What needs to be done - Each line that contains the word "ProductionRow" is to be copied from the records below.

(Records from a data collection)
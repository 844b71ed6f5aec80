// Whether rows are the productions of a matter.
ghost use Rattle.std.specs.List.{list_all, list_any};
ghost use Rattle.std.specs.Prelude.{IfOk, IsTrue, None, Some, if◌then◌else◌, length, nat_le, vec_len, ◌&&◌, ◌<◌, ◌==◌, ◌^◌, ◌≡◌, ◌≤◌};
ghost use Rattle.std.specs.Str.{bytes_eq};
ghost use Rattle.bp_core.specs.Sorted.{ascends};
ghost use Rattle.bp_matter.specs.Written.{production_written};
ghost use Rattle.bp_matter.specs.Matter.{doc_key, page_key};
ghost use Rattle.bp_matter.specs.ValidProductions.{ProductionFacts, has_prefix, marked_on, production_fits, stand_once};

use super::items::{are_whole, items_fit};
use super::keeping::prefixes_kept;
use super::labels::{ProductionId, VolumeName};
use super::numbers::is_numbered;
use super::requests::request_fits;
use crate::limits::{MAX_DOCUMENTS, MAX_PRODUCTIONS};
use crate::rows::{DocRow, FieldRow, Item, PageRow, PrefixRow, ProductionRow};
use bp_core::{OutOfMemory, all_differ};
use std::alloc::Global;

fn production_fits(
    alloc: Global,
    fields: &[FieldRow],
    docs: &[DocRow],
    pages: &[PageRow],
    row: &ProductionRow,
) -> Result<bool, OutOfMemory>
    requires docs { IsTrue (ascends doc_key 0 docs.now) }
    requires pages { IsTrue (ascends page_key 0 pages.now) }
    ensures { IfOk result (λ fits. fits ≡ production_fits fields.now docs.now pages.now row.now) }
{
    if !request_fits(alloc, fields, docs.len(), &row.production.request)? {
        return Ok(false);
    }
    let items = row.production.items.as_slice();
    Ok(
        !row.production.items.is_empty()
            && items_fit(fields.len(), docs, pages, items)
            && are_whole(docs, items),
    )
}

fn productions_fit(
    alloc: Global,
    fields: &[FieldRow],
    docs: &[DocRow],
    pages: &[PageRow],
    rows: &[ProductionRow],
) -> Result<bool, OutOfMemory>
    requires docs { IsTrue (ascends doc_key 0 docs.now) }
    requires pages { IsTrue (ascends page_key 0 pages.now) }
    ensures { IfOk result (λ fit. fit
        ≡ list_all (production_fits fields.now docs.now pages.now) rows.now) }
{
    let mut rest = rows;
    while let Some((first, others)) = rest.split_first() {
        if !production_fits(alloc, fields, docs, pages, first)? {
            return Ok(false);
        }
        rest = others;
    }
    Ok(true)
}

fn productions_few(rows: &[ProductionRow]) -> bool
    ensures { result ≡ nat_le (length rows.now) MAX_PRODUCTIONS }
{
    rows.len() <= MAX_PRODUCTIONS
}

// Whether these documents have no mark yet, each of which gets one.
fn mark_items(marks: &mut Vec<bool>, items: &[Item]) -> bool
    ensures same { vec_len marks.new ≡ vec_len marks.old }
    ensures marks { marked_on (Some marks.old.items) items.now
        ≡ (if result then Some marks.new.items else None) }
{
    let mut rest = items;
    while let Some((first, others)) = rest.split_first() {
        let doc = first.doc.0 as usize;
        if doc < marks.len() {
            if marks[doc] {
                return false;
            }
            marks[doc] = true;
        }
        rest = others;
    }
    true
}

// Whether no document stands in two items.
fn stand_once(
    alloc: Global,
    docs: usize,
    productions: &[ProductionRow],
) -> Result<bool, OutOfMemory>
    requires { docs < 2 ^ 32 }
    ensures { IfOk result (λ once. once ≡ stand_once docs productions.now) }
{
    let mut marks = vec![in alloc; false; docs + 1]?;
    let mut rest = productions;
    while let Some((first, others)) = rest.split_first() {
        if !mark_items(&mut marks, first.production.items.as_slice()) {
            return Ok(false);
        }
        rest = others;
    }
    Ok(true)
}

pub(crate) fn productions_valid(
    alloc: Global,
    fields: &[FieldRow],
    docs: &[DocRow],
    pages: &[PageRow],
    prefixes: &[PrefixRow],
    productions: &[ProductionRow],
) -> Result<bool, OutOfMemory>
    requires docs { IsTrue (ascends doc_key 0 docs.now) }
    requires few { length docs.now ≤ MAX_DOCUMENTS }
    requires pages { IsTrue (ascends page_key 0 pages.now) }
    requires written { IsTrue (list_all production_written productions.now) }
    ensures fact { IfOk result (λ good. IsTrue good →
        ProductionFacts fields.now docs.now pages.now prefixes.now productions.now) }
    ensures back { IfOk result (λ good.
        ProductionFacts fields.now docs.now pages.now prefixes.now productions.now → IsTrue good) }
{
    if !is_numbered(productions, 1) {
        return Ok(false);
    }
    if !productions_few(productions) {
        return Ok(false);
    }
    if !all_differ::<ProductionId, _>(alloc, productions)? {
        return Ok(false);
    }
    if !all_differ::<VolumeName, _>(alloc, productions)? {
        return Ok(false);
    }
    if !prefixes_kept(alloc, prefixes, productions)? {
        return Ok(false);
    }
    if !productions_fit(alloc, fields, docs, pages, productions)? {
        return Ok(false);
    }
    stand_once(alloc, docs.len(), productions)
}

Solution to this task -
use crate::rows::{DocRow, FieldRow, Item, PageRow, PrefixRow, ProductionRow};
    row: &ProductionRow,
    rows: &[ProductionRow],
fn productions_few(rows: &[ProductionRow]) -> bool
    productions: &[ProductionRow],
    productions: &[ProductionRow],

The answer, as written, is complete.